Task statement: Where does the word "NoTimecode" show up in the data? Please find each such line and copy it.

(Saved data entries)
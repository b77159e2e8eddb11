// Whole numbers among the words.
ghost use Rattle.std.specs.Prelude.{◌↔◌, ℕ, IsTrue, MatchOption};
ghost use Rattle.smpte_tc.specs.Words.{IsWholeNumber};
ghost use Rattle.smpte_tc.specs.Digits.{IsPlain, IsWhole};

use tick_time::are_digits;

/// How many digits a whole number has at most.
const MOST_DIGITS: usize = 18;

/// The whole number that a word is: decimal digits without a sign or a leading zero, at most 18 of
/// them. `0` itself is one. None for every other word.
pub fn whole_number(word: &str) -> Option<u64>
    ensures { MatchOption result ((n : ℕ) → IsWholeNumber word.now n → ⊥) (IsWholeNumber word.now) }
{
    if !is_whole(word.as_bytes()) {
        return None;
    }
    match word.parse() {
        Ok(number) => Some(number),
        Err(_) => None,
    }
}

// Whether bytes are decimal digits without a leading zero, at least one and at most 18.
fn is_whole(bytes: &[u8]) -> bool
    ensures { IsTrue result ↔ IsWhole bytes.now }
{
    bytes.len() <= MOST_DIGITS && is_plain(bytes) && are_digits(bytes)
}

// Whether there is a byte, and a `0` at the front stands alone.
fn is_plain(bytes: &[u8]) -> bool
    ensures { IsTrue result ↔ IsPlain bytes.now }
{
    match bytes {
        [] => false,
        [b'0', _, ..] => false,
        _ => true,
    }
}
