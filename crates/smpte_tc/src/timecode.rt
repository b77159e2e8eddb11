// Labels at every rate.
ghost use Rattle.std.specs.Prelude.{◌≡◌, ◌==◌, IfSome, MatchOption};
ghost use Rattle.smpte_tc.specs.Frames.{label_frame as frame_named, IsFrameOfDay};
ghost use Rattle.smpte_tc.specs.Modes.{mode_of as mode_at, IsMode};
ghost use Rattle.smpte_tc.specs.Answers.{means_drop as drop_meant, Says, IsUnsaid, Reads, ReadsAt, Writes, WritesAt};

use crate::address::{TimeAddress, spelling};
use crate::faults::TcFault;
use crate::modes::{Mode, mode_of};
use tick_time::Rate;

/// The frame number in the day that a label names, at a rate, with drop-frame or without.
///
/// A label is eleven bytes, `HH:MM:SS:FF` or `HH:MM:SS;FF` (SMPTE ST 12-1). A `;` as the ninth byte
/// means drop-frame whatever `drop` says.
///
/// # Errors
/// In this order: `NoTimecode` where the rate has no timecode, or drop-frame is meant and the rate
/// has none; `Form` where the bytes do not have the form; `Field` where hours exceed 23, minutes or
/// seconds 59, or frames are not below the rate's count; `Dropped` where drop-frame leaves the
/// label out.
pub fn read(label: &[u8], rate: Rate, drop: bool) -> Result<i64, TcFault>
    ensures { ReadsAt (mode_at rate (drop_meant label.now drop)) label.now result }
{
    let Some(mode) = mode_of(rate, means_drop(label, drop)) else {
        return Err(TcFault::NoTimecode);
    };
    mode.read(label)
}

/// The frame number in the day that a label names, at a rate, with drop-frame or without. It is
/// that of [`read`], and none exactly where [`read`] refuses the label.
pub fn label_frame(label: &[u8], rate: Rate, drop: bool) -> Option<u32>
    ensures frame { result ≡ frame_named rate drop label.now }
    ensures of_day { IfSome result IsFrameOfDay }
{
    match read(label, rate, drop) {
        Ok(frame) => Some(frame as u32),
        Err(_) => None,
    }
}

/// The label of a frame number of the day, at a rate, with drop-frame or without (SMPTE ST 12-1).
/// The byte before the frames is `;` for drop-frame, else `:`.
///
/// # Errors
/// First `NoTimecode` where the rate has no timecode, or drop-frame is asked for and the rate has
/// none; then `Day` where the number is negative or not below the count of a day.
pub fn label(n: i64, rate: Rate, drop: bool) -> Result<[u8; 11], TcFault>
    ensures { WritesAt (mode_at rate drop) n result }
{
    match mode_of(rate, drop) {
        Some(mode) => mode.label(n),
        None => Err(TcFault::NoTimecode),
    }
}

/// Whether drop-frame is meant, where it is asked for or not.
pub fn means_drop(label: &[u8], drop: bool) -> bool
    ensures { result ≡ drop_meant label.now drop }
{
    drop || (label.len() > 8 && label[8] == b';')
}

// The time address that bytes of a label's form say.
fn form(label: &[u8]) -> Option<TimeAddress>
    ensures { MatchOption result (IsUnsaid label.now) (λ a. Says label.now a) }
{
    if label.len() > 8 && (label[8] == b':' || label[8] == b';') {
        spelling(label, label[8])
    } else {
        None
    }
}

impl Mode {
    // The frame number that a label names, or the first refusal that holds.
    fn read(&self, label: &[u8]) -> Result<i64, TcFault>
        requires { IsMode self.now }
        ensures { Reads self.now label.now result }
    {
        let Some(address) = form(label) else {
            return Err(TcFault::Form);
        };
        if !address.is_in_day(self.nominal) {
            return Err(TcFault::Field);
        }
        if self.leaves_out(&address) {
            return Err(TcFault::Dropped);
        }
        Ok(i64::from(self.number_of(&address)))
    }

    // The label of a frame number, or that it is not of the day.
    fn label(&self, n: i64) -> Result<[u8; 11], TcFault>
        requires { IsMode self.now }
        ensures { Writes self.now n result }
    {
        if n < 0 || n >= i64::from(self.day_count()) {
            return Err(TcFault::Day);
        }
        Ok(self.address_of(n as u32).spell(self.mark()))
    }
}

...

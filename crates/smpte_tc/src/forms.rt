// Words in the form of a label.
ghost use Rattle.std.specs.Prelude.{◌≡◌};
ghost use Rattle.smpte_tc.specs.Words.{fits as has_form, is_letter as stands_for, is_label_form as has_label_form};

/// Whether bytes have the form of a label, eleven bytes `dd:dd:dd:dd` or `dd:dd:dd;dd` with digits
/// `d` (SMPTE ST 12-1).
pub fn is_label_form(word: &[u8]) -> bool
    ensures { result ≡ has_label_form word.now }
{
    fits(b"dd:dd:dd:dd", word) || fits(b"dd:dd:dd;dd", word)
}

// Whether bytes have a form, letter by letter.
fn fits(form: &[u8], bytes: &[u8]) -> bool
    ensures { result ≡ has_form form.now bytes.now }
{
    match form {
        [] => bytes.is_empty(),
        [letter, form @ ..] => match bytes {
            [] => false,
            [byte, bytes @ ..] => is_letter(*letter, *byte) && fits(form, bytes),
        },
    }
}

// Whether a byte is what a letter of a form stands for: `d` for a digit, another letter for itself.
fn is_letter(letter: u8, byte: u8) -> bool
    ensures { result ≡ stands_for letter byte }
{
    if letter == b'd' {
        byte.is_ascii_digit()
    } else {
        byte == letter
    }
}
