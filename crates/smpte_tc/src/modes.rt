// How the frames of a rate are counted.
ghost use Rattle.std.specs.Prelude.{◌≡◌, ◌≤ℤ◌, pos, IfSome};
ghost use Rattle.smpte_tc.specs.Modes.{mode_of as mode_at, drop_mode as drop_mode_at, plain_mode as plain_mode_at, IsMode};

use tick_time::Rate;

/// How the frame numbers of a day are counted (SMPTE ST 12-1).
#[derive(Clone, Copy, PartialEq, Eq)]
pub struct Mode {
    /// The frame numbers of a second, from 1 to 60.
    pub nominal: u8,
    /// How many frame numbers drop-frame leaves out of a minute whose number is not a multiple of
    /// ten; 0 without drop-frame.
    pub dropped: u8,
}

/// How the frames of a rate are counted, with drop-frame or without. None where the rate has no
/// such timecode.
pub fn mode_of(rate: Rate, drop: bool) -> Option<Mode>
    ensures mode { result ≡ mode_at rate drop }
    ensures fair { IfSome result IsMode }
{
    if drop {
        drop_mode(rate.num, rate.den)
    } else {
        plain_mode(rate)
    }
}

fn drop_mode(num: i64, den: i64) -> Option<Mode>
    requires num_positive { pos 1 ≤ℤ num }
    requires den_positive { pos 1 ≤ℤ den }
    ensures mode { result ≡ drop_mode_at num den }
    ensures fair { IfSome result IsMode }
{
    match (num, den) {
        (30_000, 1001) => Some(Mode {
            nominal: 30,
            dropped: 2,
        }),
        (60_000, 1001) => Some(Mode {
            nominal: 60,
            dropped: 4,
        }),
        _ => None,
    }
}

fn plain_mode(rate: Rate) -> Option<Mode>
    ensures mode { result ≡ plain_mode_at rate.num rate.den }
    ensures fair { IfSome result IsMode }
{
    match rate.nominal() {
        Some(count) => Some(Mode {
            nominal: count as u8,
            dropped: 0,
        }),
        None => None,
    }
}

---

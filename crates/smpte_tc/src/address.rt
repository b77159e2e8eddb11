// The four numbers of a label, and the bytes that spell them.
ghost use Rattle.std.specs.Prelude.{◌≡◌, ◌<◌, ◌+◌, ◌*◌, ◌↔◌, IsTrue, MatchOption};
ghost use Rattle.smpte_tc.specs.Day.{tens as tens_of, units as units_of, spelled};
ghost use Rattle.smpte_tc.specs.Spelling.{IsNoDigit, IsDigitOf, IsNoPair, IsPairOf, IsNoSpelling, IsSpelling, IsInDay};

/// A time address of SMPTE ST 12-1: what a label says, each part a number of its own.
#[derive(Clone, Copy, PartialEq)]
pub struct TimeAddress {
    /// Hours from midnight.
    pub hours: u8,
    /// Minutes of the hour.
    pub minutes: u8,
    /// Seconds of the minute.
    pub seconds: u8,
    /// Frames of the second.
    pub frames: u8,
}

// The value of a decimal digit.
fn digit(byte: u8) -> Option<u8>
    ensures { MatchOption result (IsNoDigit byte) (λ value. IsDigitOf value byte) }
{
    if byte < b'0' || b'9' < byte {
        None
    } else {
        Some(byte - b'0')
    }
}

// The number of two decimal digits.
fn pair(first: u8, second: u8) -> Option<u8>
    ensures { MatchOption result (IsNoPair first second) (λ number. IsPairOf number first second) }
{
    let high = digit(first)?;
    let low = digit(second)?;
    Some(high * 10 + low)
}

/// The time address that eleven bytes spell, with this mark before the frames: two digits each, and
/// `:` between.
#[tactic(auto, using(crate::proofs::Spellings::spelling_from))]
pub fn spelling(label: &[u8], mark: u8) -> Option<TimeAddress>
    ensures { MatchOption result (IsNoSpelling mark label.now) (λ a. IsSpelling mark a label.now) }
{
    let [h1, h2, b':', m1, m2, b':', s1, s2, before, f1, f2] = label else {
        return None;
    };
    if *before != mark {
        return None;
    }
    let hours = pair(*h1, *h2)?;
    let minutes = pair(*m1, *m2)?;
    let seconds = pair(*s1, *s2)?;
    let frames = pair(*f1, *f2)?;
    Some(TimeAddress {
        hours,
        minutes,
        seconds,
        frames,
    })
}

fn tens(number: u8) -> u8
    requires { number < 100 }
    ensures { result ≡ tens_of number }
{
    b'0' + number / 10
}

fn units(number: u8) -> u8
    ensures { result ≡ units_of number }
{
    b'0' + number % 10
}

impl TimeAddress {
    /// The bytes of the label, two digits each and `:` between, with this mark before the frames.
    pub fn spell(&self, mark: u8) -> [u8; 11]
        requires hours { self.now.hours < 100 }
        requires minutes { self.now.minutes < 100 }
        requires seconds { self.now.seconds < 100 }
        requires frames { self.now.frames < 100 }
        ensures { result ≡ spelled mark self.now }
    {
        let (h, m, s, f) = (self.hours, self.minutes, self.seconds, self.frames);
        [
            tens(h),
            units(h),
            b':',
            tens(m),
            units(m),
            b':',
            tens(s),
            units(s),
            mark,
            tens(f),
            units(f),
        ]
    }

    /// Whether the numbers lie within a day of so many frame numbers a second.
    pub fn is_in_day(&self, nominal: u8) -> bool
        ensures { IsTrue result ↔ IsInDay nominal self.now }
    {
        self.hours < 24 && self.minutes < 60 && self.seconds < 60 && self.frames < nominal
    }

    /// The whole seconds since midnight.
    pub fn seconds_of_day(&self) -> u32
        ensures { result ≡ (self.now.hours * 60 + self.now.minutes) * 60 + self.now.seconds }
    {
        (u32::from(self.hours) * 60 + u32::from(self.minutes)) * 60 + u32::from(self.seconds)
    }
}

Result for this task:
/// In this order: `NoTimecode` where the rate has no timecode, or drop-frame is meant and the rate
        return Err(TcFault::NoTimecode);
/// First `NoTimecode` where the rate has no timecode, or drop-frame is asked for and the rate has
        None => Err(TcFault::NoTimecode),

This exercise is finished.